# Best working line puppy for...



## J and J M (Sep 20, 2013)

I'm looking into getting a working line puppy and was wondering which type would be best. Actually I have my own opinion but kinda wanted others to either prove me wrong or right. Responsibilities of dog will be first and foremost a family companion. Two is jogging partner and official ball or frisbie catcher. Three is possible club level schutzhund. Medium drive and again good family companion. So which is better WGWL, DDR, or Czech?


----------



## Anubis_Star (Jul 25, 2012)

Czech lines in my experience tend to be the highest drive. Great sport dogs for experienced handlers, can be very crazy and too much for the average home.

West german lines if you find the correct ones seem to be the hardest dogs. Best true working lines/protection lines, but a lot harder to find those decent ones.

DDR more medium drive. Slower to mature generally, can be more standoff towards strangers. Keep in mind these dogs were largely an intimidation factor - mostly chained along the berlin wall to ward off anyone thinking of crossing it. In fact I read a journal entry from a soldier that sat only 16 dogs in his area were actually "working" dogs and the rest were just chained along the wall. Interestingly enough all 16 of those dogs were female. More medium drive can mean not as good at sport.

Personally I love my pup. Sire 100% DDR, Dan mostly czech with some WGWL. The ddr makes him a nicer balanced pet dog because more medium drive, yet I think the czech and WGWL adds just enough drive to make him do good at what IPO training he's had so far.

Keep in mind these are just generalizations I've always noted. I think I will always prefer ddr/czech line mixes for both sport and home companion

Sent from Petguide.com Free App


----------



## pets4life (Feb 22, 2011)

Anibus strange info but someone also said female gsds all else being equal (lines) are more likely to bite for real in protection without training than males. Not sure how much truth there is to this because they are not used by police for patrol as much as males.


----------



## mycobraracr (Dec 4, 2011)

I don't really know if you can say there is a "best line". All have their strengths and weaknesses. All we can do is try and generalize lines but really the individual dog and how it's raised play the biggest factors. I was really into the Czech dogs for a while. I love my girl she great, but as of late I have been leaning more towards the WG side of things.
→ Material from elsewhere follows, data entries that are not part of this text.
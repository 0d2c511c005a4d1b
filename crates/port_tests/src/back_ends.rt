use bosh_types::{Inward, SharedText, Stanzas, StreamNo, Text, Wire};
use std::alloc::{AllocError, Global};
use std::process::Abort;
use std::test::Fail;
use xmpp_backend::{
    Backend, BackendCall, Echo, Failing, Passed, Polled, Room, Scripted, are_answers,
};

// A call, and what it is to answer.
#[derive(Clone, Copy)]
enum Row {
    Open(u32, Passed),
    Pass(u32, &'static str, Passed),
    Restart(u32, Passed),
    Close(u32, Passed),
    Gives(u32, &'static str),
    Idle,
    Fails,
}

// The unnamed stream of the session with this opening number.
fn wire(opening: u32) -> Wire {
    Wire::new(opening, StreamNo::unnamed())
}

fn text(alloc: Global, text: &str) -> Result<Text, AllocError> {
    Ok(Text::from_vec(Vec::from_slice(alloc, text.as_bytes())?))
}

fn item(alloc: Global, stanza: &str) -> Result<Inward, AllocError> {
    let stanza = SharedText::new(alloc, text(alloc, stanza)?)?;
    Ok(Inward::Item(StreamNo::unnamed(), stanza))
}

// Makes one call, and compares what it answers.
fn call<B: Backend, R: Abort>(
    rt: &R,
    alloc: Global,
    end: &mut B,
    row: Row,
    at: usize,
) -> Result<(), AllocError> {
    match row {
        Row::Open(opening, want) => {
            assert_eq!(rt; end.open(wire(opening), b"a.example"), want, "at {at}")
        }
        Row::Pass(opening, stanza, want) => {
            let item = item(alloc, stanza)?;
            assert_eq!(rt; end.pass(wire(opening), &item), want, "at {at}")
        }
        Row::Restart(opening, want) => {
            let item = Inward::Restart(StreamNo::unnamed());
            assert_eq!(rt; end.pass(wire(opening), &item), want, "at {at}")
        }
        Row::Close(opening, want) => { assert_eq!(rt; end.close(wire(opening)), want, "at {at}") }
        Row::Gives(opening, want) => match end.poll() {
            Polled::Out(given, stanza) => {
                assert_eq!(rt;
                    (given, stanza.as_slice()),
                    (wire(opening), want.as_bytes()),
                    "at {at}"
                )
            }
            _ => assert!(rt; false, "at {at}"),
        },
        Row::Idle => assert!(rt; matches!(end.poll(), Polled::Nothing), "at {at}"),
        Row::Fails => assert!(rt; matches!(end.poll(), Polled::Failed), "at {at}"),
    }
    Ok(())
}

const DONE: Passed = Passed::Done;

#[test]
fn an_echo_gives_back_on_the_wire(rt: HostRuntime) -> Result<(), Fail> {
    let mut end = Echo::new(rt.alloc());
    let rows = [
        Row::Idle,
        Row::Pass(1, "<a/>", DONE),
        Row::Open(1, DONE),
        Row::Open(2, DONE),
        Row::Open(1, DONE),
        Row::Pass(2, "<a/>", DONE),
        Row::Pass(1, "<b>&lt;</b>", DONE),
        Row::Pass(1, "<a", DONE),
        Row::Restart(2, DONE),
        Row::Pass(2, "<c/>", DONE),
        Row::Gives(2, "<a/>"),
        Row::Gives(1, "<b>&lt;</b>"),
        Row::Gives(2, "<stream:features/>"),
        Row::Pass(1, "<d/>", DONE),
        Row::Close(2, DONE),
        Row::Pass(2, "<e/>", DONE),
        Row::Gives(1, "<d/>"),
        Row::Open(2, DONE),
        Row::Idle,
    ];
    for (at, row) in rows.into_iter().enumerate() {
        call(&rt, rt.alloc(), &mut end, row, at)?;
    }
    Ok(())
}

#[test]
fn a_room_gives_to_all(rt: HostRuntime) -> Result<(), Fail> {
    let mut end = Room::new(rt.alloc());
    let rows = [
        Row::Open(3, DONE),
        Row::Open(1, DONE),
        Row::Open(2, DONE),
        Row::Pass(1, "<a/>", DONE),
        Row::Restart(1, DONE),
        Row::Pass(4, "<b/>", DONE),
        Row::Pass(1, "<b></a>", DONE),
        Row::Gives(3, "<a/>"),
        Row::Close(2, DONE),
        Row::Pass(3, "<c/>", DONE),
        Row::Gives(1, "<a/>"),
        Row::Gives(3, "<c/>"),
        Row::Gives(1, "<c/>"),
        Row::Idle,
    ];
    for (at, row) in rows.into_iter().enumerate() {
        call(&rt, rt.alloc(), &mut end, row, at)?;
    }
    Ok(())
}

#[test]
fn a_script_gives_and_fails_as_listed(rt: HostRuntime) -> Result<(), Fail> {
    let alloc = rt.alloc();
    let first = vec![in alloc; text(alloc, "<x/>")?, text(alloc, "<y/>")?]?;
    let third = vec![in alloc; text(alloc, "<z/>")?]?;
    let none = Stanzas::from_vec(Vec::new(alloc));
    let answers = vec![in alloc; Stanzas::from_vec(first), none, Stanzas::from_vec(third)]?;
    let failing = [
        (BackendCall::Open, 2),
        (BackendCall::Pass, 2),
        (BackendCall::Poll, 1),
        (BackendCall::Poll, 5),
        (BackendCall::Close, 1),
    ];
    let mut listed = Vec::with_capacity(alloc, failing.len())?;
    for (call, number) in failing {
        listed.push(Failing { call, number })?;
    }
    assert!(rt; are_answers(alloc, &answers)?);
    let mut end = Scripted::new(alloc, answers, listed);
    let rows = [
        Row::Open(1, DONE),
        Row::Open(2, Passed::Failed),
        Row::Pass(1, "<a/>", DONE),
        Row::Pass(1, "<b/>", Passed::Failed),
        Row::Fails,
        Row::Gives(1, "<x/>"),
        Row::Restart(1, DONE),
        Row::Pass(1, "<c/>", DONE),
        Row::Gives(1, "<y/>"),
        Row::Gives(1, "<z/>"),
        Row::Fails,
        Row::Pass(1, "<d/>", DONE),
        Row::Idle,
        Row::Close(1, Passed::Failed),
        Row::Close(1, DONE),
    ];
    for (at, row) in rows.into_iter().enumerate() {
        call(&rt, alloc, &mut end, row, at)?;
    }
    Ok(())
}

#[test]
fn each_kind_goes_into_a_box(rt: HostRuntime) -> Result<(), Fail> {
    let alloc = rt.alloc();
    let (answers, failing) = (Vec::new(alloc), Vec::new(alloc));
    assert!(rt; are_answers(alloc, &answers)?);
    let mut ends: Vec<Box<dyn Backend + Send>> = Vec::new(alloc);
    ends.push(Box::new(alloc, Echo::new(alloc))?)?;
    ends.push(Box::new(alloc, Room::new(alloc))?)?;
    ends.push(Box::new(alloc, Scripted::new(alloc, answers, failing))?)?;
    for end in &mut ends {
        assert_eq!(rt; end.open(wire(1), b"a.example"), DONE);
        assert!(rt; matches!(end.poll(), Polled::Nothing));
    }
    Ok(())
}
The Czech dogs do seem to bring a different level of intensity to me that I love. But they can also be a bit sharp. So... it really is personal preference.


----------



## Lucy Dog (Aug 10, 2008)

I'd stop focusing on specific lines and focus more on the dogs and the breeder. All of these lines can produce a sound pet. If schutzhund is your goal, find a breeder and dogs that are actively participating in the sport.


----------



## lhczth (Apr 5, 2000)

Lucy Dog said:


> I'd stop focusing on specific lines and focus more on the dogs and the breeder. All of these lines can produce a sound pet. If schutzhund is your goal, find a breeder and dogs that are actively participating in the sport.


:thumbup:


----------



## shepherdmom (Dec 24, 2011)

Anubis_Star said:


> Czech lines in my experience tend to be the highest drive. Great sport dogs for experienced handlers, can be very crazy and too much for the average home.
> 
> Sent from Petguide.com Free App


Well I don't know about all Czech lines, but my boy is Czech lines drive is not a huge issue for my couch potato.


----------



## Courtney (Feb 12, 2010)

Lucy Dog said:


> I'd stop focusing on specific lines and focus more on the dogs and the breeder. All of these lines can produce a sound pet. If schutzhund is your goal, find a breeder and dogs that are actively participating in the sport.
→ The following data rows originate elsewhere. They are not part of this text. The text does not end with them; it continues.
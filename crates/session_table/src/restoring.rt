// Sessions that a store brings back, and the directory of them.
ghost use Rattle.std.specs.Prelude.{◌≡◌, All, Some};
ghost use Rattle.session_table.specs.Entering.{AreOf};
ghost use Rattle.session_table.specs.Opens.{opened_sid};

use crate::directory::Directory;
use bosh_types::SharedText;
use session_journal::Recorded;

/// A session that a store brings back, under the name that it was opened with, with entries of one caller.
#[derive(Drop)]
pub struct Resumed {
    pub sid: SharedText,
    pub recorded: Recorded,
    pub ghost alone: { All (λ e. e.caller ≡ 0) recorded.log },
    pub ghost named: { opened_sid recorded.log ≡ Some sid },
}

/// A directory of sessions that a store brought back. Its entries are of one caller, as a gate wants it of what it is made of.
#[derive(Drop)]
pub struct Restored {
    pub directory: Directory,
    pub ghost alone: { AreOf 0 directory },
}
Paul, I love when you swoop in with your common sense comments


----------



## boomer11 (Jun 9, 2013)

Anubis_Star said:


> Czech lines in my experience tend to be the highest drive. Great sport dogs for experienced handlers, can be very crazy and too much for the average home.
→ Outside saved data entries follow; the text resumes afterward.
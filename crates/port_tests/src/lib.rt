// Tests over the public calls of the ports and of what stands behind them: streams, bells, gates, networks, back ends.
#![tactic(auto)]

#[cfg(test)]
mod adapters;
#[cfg(test)]
mod back_ends;
#[cfg(test)]
mod gates;
#[cfg(test)]
mod networks;
#[cfg(test)]
mod streams;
Here's my mostly czech boy being too crazy and high drive










it doesnt matter what line you go with. in each litter there will be super high drive ones and some mellow ones. find a really good breeder and tell them those 3 things you want and they'll match you with a dog that fits. imo a dog with a mix of all 3 lines is optimal. people worry too much about lines.


----------



## Lucy Dog (Aug 10, 2008)

Courtney said:


> Paul, I love when you swoop in with your common sense comments


lol... thanks. My sister got all the book smarts in the family... i got stuck with the common sense.



boomer11 said:


> it doesnt matter what line you go with. in each litter there will be super high drive ones and some mellow ones. find a really good breeder and tell them those 3 things you want and they'll match you with a dog that fits. imo a dog with a mix of all 3 lines is optimal. people worry too much about lines.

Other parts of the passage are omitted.